- Exercise material:
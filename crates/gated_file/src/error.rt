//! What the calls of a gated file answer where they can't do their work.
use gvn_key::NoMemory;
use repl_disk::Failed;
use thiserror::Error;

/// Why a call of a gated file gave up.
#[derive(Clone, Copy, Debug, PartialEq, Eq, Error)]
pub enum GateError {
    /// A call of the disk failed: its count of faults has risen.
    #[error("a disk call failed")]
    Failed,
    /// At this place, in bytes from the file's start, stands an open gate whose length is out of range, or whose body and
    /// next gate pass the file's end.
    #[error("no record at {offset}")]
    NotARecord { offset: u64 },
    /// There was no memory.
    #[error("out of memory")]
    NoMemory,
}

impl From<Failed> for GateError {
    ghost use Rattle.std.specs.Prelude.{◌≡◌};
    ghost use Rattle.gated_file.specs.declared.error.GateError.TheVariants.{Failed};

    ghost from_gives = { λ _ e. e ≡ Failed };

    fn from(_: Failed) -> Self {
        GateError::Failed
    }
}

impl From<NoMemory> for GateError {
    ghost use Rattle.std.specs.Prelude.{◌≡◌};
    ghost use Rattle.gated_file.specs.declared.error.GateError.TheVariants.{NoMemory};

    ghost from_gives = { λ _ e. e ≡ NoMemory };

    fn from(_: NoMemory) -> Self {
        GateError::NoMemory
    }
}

==

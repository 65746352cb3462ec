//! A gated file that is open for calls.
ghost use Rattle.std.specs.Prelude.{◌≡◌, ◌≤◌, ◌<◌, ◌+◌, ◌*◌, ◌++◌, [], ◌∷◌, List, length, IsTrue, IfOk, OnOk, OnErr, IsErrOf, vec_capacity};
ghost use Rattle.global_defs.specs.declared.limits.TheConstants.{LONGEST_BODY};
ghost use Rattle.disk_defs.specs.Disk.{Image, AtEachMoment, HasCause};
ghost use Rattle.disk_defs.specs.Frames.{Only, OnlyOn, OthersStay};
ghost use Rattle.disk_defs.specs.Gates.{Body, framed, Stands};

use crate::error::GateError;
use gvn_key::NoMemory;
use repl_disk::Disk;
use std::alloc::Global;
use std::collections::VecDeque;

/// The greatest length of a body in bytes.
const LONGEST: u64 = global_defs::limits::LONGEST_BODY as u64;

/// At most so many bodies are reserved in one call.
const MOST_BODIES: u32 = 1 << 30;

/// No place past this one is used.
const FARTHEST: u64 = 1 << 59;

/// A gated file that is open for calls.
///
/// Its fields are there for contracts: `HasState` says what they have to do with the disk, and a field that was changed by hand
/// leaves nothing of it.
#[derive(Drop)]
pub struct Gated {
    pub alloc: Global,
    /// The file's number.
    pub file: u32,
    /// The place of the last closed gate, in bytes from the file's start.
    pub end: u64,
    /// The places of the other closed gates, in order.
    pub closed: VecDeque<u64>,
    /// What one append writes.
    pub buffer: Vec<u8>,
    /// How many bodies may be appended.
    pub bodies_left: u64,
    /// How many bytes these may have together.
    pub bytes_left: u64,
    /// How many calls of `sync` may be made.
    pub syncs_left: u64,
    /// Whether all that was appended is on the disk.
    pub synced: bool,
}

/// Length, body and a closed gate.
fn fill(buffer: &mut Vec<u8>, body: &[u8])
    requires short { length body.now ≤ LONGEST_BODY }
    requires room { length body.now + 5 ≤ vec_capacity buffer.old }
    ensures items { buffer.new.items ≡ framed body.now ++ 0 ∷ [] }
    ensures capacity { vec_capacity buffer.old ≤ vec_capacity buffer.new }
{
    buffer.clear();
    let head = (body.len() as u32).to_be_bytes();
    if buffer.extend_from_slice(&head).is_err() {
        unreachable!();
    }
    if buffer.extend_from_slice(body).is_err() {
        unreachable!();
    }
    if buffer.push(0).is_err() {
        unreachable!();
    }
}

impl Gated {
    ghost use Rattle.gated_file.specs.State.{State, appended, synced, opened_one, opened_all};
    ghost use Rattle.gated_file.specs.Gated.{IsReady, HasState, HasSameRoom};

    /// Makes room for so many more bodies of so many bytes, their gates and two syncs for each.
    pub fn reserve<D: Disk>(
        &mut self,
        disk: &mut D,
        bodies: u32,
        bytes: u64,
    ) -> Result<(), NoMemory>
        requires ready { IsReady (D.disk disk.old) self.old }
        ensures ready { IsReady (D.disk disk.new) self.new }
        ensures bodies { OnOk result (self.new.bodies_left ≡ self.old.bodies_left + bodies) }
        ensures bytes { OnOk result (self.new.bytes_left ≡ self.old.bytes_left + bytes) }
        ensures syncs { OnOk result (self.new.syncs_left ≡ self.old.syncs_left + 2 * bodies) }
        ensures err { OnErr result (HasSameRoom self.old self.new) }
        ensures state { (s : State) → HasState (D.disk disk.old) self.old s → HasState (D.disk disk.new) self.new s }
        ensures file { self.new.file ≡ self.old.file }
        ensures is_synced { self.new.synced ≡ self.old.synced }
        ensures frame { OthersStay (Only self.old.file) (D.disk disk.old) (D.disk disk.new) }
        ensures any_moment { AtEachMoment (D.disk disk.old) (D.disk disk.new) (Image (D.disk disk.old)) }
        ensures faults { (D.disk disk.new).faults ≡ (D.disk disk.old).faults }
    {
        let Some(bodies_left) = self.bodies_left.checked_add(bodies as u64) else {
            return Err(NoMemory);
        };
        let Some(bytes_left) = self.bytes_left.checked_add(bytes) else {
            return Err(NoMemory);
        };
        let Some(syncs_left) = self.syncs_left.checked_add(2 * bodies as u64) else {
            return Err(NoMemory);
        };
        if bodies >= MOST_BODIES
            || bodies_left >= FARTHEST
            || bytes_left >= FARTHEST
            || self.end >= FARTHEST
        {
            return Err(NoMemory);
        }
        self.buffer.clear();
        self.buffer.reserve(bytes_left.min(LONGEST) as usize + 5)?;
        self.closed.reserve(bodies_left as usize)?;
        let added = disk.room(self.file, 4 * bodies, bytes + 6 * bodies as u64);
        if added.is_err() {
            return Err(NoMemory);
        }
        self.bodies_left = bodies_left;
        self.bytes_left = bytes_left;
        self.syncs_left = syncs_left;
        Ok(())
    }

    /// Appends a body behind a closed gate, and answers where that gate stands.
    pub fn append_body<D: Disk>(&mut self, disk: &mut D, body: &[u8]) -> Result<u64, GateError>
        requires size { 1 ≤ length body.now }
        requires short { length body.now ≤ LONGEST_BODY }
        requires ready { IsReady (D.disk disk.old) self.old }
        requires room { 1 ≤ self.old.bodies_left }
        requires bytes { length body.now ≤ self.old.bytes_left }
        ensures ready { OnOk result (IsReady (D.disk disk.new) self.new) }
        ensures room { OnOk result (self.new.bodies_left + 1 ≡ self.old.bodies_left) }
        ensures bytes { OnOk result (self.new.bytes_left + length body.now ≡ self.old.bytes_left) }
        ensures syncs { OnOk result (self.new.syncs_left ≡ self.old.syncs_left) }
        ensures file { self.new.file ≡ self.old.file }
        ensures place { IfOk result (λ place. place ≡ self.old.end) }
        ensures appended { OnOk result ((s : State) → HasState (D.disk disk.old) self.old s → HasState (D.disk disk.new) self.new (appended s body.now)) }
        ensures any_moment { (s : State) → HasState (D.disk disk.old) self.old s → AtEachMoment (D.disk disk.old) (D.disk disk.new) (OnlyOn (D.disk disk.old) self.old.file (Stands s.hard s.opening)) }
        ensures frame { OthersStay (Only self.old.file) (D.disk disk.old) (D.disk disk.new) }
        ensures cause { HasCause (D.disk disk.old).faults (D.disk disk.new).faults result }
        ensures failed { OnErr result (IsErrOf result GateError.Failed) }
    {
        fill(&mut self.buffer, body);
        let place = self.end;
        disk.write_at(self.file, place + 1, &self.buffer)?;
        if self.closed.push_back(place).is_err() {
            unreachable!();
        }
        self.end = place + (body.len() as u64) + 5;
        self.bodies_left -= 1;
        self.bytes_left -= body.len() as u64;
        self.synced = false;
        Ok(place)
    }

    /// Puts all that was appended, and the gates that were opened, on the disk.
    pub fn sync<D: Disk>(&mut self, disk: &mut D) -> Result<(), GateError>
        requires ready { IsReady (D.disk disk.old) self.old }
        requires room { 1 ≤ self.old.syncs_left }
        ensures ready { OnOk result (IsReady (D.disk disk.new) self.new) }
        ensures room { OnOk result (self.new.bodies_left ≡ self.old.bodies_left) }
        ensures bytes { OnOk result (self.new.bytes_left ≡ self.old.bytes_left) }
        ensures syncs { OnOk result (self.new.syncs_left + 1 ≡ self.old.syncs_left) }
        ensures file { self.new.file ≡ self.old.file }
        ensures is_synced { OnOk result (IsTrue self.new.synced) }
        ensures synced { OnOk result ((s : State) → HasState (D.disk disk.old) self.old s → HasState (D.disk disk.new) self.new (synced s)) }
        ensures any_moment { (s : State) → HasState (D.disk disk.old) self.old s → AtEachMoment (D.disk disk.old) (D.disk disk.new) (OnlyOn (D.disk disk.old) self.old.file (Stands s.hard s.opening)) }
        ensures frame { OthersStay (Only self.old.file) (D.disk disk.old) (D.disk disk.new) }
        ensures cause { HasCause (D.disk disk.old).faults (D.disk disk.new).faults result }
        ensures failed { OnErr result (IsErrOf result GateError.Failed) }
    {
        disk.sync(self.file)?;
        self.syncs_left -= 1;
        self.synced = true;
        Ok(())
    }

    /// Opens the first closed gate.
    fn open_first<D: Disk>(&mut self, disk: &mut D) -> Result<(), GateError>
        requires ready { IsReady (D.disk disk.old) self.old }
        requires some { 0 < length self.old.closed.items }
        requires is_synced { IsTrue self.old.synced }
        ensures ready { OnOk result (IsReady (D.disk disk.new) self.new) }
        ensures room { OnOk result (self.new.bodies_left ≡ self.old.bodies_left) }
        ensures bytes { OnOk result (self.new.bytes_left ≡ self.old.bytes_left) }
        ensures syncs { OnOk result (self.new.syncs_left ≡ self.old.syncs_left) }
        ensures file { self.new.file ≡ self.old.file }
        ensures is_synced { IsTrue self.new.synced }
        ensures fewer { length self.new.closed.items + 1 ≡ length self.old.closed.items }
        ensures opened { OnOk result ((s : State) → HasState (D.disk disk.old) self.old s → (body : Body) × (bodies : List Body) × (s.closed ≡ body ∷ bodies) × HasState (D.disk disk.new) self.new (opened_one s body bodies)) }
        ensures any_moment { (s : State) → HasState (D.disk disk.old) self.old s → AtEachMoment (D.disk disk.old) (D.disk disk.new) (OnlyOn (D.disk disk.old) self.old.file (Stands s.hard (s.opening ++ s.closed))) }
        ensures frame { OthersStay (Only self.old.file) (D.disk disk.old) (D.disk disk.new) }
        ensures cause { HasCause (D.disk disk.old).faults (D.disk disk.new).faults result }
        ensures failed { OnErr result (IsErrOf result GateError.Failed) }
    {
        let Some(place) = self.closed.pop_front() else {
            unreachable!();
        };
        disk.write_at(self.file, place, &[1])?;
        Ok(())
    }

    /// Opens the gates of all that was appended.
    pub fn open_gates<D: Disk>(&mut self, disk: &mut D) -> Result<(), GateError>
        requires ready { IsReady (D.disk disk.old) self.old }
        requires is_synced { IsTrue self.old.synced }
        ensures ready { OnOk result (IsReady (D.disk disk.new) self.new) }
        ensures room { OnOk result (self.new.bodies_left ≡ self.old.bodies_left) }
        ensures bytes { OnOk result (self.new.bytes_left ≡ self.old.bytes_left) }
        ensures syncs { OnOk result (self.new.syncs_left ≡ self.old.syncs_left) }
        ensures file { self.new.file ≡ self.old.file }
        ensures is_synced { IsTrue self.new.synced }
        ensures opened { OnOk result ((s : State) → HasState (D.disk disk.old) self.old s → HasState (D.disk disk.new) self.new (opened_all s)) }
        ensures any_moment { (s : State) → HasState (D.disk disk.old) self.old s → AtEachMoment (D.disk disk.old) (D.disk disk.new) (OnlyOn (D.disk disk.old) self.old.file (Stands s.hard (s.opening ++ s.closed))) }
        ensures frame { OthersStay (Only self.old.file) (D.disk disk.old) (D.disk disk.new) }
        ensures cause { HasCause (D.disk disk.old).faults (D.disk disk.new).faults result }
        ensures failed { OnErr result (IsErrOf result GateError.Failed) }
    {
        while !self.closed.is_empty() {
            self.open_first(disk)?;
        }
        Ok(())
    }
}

- The task: Among the entries above, locate the lines containing "disk.write_at(self.file, place +" and "opened, on the disk.", and transcribe exactly those two lines and all lines between.

- The answer:
        disk.write_at(self.file, place + 1, &self.buffer)?;
        if self.closed.push_back(place).is_err() {
            unreachable!();
        }
        self.end = place + (body.len() as u64) + 5;
        self.bodies_left -= 1;
        self.bytes_left -= body.len() as u64;
        self.synced = false;
        Ok(place)
    }

    /// Puts all that was appended, and the gates that were opened, on the disk.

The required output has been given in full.